Nedendir bilinmez ama orada olmaması sanki; oyuncağını kaybeden bir çocuk gibi ağlamamı sağlayabilirdi. Neden o kağıdı ceketimin cebine iliştirmişti? Peki, onu tekar görmemde neyin nesiydi?
Tesadüf.
İçimde ki keskin ses tesadüf diye fısıldadı. Başka açıklamasıda olamazdı zaten, bir tesadüften ibaretti. Kahvemin bitmek üzere olduğunu hissettiğimde artık kağıdı açmanın vakti gelmişti. Elimi tekrar cebime götürdüğümde kağıdı parmak uclarıma yerleştirip çıkardım. Küçük beyaz kağıdı sakince açtım. Gözlerim düzgünce yazılmış siyah el yazısının üzerinde gezindi.

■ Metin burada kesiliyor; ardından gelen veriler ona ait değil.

//! How small the tables of a file can be, and that no program is refused that another file could hold: laws alone, for the proofs of
//! crates above.

ghost use Rattle.std.specs.Prelude.{◌≡◌, ◌≤◌, ◌⊎◌, ℕ, List};
ghost use Rattle.dex_base.specs.Fields.{AreBytes};
ghost use Rattle.dex_base.specs.declared.fault.Fault.{Fault};
ghost use Rattle.file_read.specs.Means.{Means};
ghost use Rattle.file_limits.specs.Limits.{IsLowestLimit};
ghost use Rattle.tables_names.specs.Needed.{needed};
ghost use Rattle.program_types.specs.Content.{Program};
ghost use Rattle.file_strip.specs.AtLeast.{HoldsAtLeast};
ghost use Rattle.file_strip.specs.inner.AtLeast.{CodesFit};

/// Each file of a program has a row for every name that the program needs, at its rank among them or after it; so no table is shorter
/// than the list of the needed names of its kind.
pub fn needed_names_have_rows()
    ensures { (b : List ℕ) (p : Program) → Means b p → HoldsAtLeast b (needed p) }
{}

/// A code of a file fits the fields of every file in which no name has a higher index, apart from the distance of handlers.
pub fn standing_codes_fit()
    ensures { CodesFit }
{}

/// A program that breaks one of the limits 80 to 88 is meant by no file at all. What some file means can be refused only with 89, where
/// handlers are too far in the order of first use, or with 90, where the plain sum is too big.
pub fn no_refusal_in_vain()
    ensures meant { (b : List ℕ) (p : Program) (e : Fault) → AreBytes b → Means b p → IsLowestLimit p e → (e.code ≡ 89) ⊎ (e.code ≡ 90) }
    ensures without_file { (p : Program) (e : Fault) → IsLowestLimit p e → e.code ≤ 88 → (b : List ℕ) → AreBytes b → ¬ Means b p }
{}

Veryansın eden ruhum, gözlerime eş oldu. Tesadüfe düşen ruhuma anlam çıkarmaya yeminler ettim. Bir kez daha okudum.
"Aynı parkta, aynı saatte. Seni bekliyorum bal göz."
🍂
Tüm anılarım sesiz çığlıklarla bezeliydi. Okulun boğuk havası çekilmez bir hâl alırken ders anlatan Tarık hocadan gözlerimi çektim. Zaten pek dinlediğimde yoktu. Aklıma yine o yazar bozuntusu düştüğünde beni neden çağırdı hakkında bir fikir üretememiştim. Bugün aynı saate oraya gidecektim.
Dürüst olmak gerekirse başka biri bunu yapsaydı kesinlikte gitmezdim. Sadece bu adam beni merakıma esir etmişti. Zilin melodisini duyduğumda çantamı toparlayarak ayağa kalktım.
"Beklesene! Birlikte gidelim."
Bakışlarımı Nazar'a çevirdim.
"Eve gitmiyorum. Biraz işim var, sen tek gitsen olur mu?"
Aslında bu bir soru veya rica değildi. Direk olarak sen git demekti, sadece biraz kibarlaştırmıştım.
"Ne işi? Benden habersiz manita mı yaptın?"
Gülerek sorusunu cevapladım. "He aynen. Hatta bu gece kaçıyoruz."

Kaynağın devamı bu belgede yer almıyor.